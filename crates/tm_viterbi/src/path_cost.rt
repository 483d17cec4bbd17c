// What the best path over soft octets costs.
ghost use Rattle.std.specs.Prelude.{◌≡◌, ℕ, ◌+◌, ◌*◌, ◌^◌, ◌<◌, ◌≤◌, List, length, min};
ghost use Rattle.tm_conv.specs.Path.{path, step_size, steps_size, farthest_step};
ghost use Rattle.tm_conv.specs.Cost.{cost};
ghost use Rattle.tm_conv.specs.Best.{IsBest};
ghost use Rattle.tm_viterbi.specs.NextSteps.{AreNextSteps};
ghost use Rattle.tm_viterbi.specs.Starts.{starts_from, first_start};
ghost use Rattle.tm_viterbi.specs.WindowSizes.{most_window, stream_bound};
ghost use Rattle.tm_viterbi.specs.Distances.{least_distances};
ghost use Rattle.tm_viterbi.specs.Totals.{most_narrow};

use crate::block::{Start, first_start};
use crate::forward_pass::{MOST_NARROW, run};
use crate::narrow_sums::least_sum;
use crate::path_ends::{first_sums, least_register};
use tm_conv::{Rate, best_path_law, period, step_len};

// After how many steps it is looked again whether a cost is settled.
const STEPS_A_LOOK: usize = 40;

// How many octets are summed in sixteen bits.
const PIECE: usize = 256;

// How many whole steps the next octets have from step t on, at most `limit`, and how many octets these steps take.
#[inline(always)]
fn count_steps(rate: Rate, t: u64, limit: usize, len: usize) -> (usize, usize)
    requires step { step_size rate t ≤ len }
    requires limit { 0 < limit }
    requires few { t + limit < farthest_step }
    ensures { AreNextSteps rate t limit len result.0 result.1 }
{
    // A period sends one symbol more than it has steps, wherever it begins.
    let period = usize::from(period(rate));
    let mut count = 1usize;
    let mut size = step_len(rate, t);
    while limit - count >= period && len - size > period {
        count += period;
        size += period + 1;
    }
    while count < limit {
        let more = step_len(rate, t + count as u64);
        if len - size < more {
            break;
        }
        size += more;
        count += 1;
    }
    (count, size)
}

// Counts as `count_steps` does, for one rate at a time, so that what a step sends is known to the compiler.
fn whole_steps(rate: Rate, t: u64, limit: usize, len: usize) -> (usize, usize)
    requires step { step_size rate t ≤ len }
    requires limit { 0 < limit }
    requires few { t + limit < farthest_step }
    ensures { AreNextSteps rate t limit len result.0 result.1 }
{
    match rate {
        Rate::R12 => count_steps(Rate::R12, t, limit, len),
        Rate::R23 => count_steps(Rate::R23, t, limit, len),
        Rate::R34 => count_steps(Rate::R34, t, limit, len),
        Rate::R56 => count_steps(Rate::R56, t, limit, len),
        Rate::R78 => count_steps(Rate::R78, t, limit, len),
    }
}

/// What the best path over soft octets from step 0 on costs. They are the symbols of at most 69,632 steps. It takes no
/// memory.
pub fn least_cost(rate: Rate, invert: bool, start: Start, soft: &[u8]) -> u64
    requires { (steps : ℕ) × (steps ≤ most_window) × (length soft.now ≡ steps_size rate 0 steps) }
    ensures { (initial : ℕ) × (bits : List ℕ) × IsBest
        (starts_from (first_start start)) rate invert 0 soft.now initial bits
        × (result ≡ cost (path rate invert 0 initial bits) soft.now) }
{
    least_cost_from(rate, invert, start, 0, soft)
}

/// What the best path over soft octets from step `t` on costs, `t` below 2^60. All else is as for `least_cost`.
pub fn least_cost_from(rate: Rate, invert: bool, start: Start, t: u64, soft: &[u8]) -> u64
    requires steps { (steps : ℕ) × (steps ≤ most_window) × (length soft.now ≡ steps_size rate t steps) }
    requires few { t < stream_bound }
    ensures cost { (initial : ℕ) × (bits : List ℕ) × IsBest
        (starts_from (first_start start)) rate invert t soft.now initial bits
        × (result ≡ cost (path rate invert t initial bits) soft.now) }
    ensures small { result < 2 ^ 32 }
{
    cost_below(rate, invert, start, t, soft, 0, u64::MAX, MOST_NARROW)
}

/// The cost as for `least_cost_from` where it is below `limit`, and else `limit`. It stops where that is settled: path
/// metrics never fall, and each octet that is left costs its lesser distance at least.
pub fn least_cost_below(
    rate: Rate,
    invert: bool,
    start: Start,
    t: u64,
    soft: &[u8],
    limit: u64,
) -> u64
    requires steps { (steps : ℕ) × (steps ≤ most_window) × (length soft.now ≡ steps_size rate t steps) }
    requires few { t < stream_bound }
    ensures cost { (initial : ℕ) × (bits : List ℕ) × IsBest
        (starts_from (first_start start)) rate invert t soft.now initial bits
        × (result ≡ min (cost (path rate invert t initial bits) soft.now) limit) }
{
    let least = least_distances(soft);
    cost_below(rate, invert, start, t, soft, least, limit, STEPS_A_LOOK)
}

// The cost as for `least_cost_below`, of octets that are known to cost at least `least` whatever the path. After each
// `look` steps it is looked again whether it is settled.
fn cost_below(
    rate: Rate,
    invert: bool,
    start: Start,
    t: u64,
    soft: &[u8],
    least: u64,
    limit: u64,
    look: usize,
) -> u64
    requires steps { (steps : ℕ) × (steps ≤ most_window) × (length soft.now ≡ steps_size rate t steps) }
    requires few { t < stream_bound }
    requires least { (least ≤ least_distances soft.now) × (least < 2 ^ 32) }
    requires look { (0 < look) × (look ≤ most_narrow) }
    ensures cost { (initial : ℕ) × (bits : List ℕ) × IsBest
        (starts_from (first_start start)) rate invert t soft.now initial bits
        × (cost (path rate invert t initial bits) soft.now < 2 ^ 32)
        × (result ≡ min (cost (path rate invert t initial bits) soft.now) limit) }
{
    best_path_law();
    let mut sums = first_sums(first_start(start));
    let mut survivors = [0u64; MOST_NARROW];
    let mut left = least;
    let mut done = 0usize;
    let mut at = 0usize;
    while at < soft.len() {
        if u64::from(least_sum(&sums)) + left >= limit {
            return limit;
        }
        let now = t + done as u64;
        let (count, size) = whole_steps(rate, now, look, soft.len() - at);
        let octets = &soft[at..at + size];
        run(
            rate,
            invert,
            now,
            octets,
            &mut sums,
            &mut survivors[..count],
            (1 << 30) + 510 * done as u32,
        );
        if left > 0 {
            left = left.saturating_sub(least_distances(octets));
        }
        done += count;
        at += size;
    }
    u64::from(sums[least_register(&sums)]).min(limit)
}

/// What soft octets cost whatever the path: of each the lesser distance.
pub fn least_distances(soft: &[u8]) -> u64
    requires { length soft.now ≤ 2 * most_window }
    ensures value { result ≡ least_distances soft.now }
    ensures small { result < 2 ^ 32 }
{
    let mut sum = 0u64;
    let mut at = 0usize;
    while at < soft.len() {
        let size = (soft.len() - at).min(PIECE);
        sum += u64::from(few_distances(&soft[at..at + size]));
        at += size;
    }
    sum
}

// Sums the lesser distances of octets for which sixteen bits are enough, so that the compiler has eight lanes add at
// once.
fn few_distances(octets: &[u8]) -> u16
    requires { length octets.now ≤ 256 }
    ensures value { result ≡ least_distances octets.now }
    ensures small { result ≤ 127 * length octets.now }
{
    let mut sum = 0u16;
    for octet in octets {
        sum += u16::from((*octet).min(255 - *octet));
    }
    sum
}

────────────────

Return the lines of the listing above exactly as they appear, starting with the first and stopping after the line that holds "wherever it begins.".

[REPLY TO THE EXERCISE]:
filename crates/tm_viterbi/src/path_cost.rt
repository 483d17cec4bbd17c
// What the best path over soft octets costs.
ghost use Rattle.std.specs.Prelude.{◌≡◌, ℕ, ◌+◌, ◌*◌, ◌^◌, ◌<◌, ◌≤◌, List, length, min};
ghost use Rattle.tm_conv.specs.Path.{path, step_size, steps_size, farthest_step};
ghost use Rattle.tm_conv.specs.Cost.{cost};
ghost use Rattle.tm_conv.specs.Best.{IsBest};
ghost use Rattle.tm_viterbi.specs.NextSteps.{AreNextSteps};
ghost use Rattle.tm_viterbi.specs.Starts.{starts_from, first_start};
ghost use Rattle.tm_viterbi.specs.WindowSizes.{most_window, stream_bound};
ghost use Rattle.tm_viterbi.specs.Distances.{least_distances};
ghost use Rattle.tm_viterbi.specs.Totals.{most_narrow};

use crate::block::{Start, first_start};
use crate::forward_pass::{MOST_NARROW, run};
use crate::narrow_sums::least_sum;
use crate::path_ends::{first_sums, least_register};
use tm_conv::{Rate, best_path_law, period, step_len};

// After how many steps it is looked again whether a cost is settled.
const STEPS_A_LOOK: usize = 40;

// How many octets are summed in sixteen bits.
const PIECE: usize = 256;

// How many whole steps the next octets have from step t on, at most `limit`, and how many octets these steps take.
#[inline(always)]
fn count_steps(rate: Rate, t: u64, limit: usize, len: usize) -> (usize, usize)
    requires step { step_size rate t ≤ len }
    requires limit { 0 < limit }
    requires few { t + limit < farthest_step }
    ensures { AreNextSteps rate t limit len result.0 result.1 }
{
    // A period sends one symbol more than it has steps, wherever it begins.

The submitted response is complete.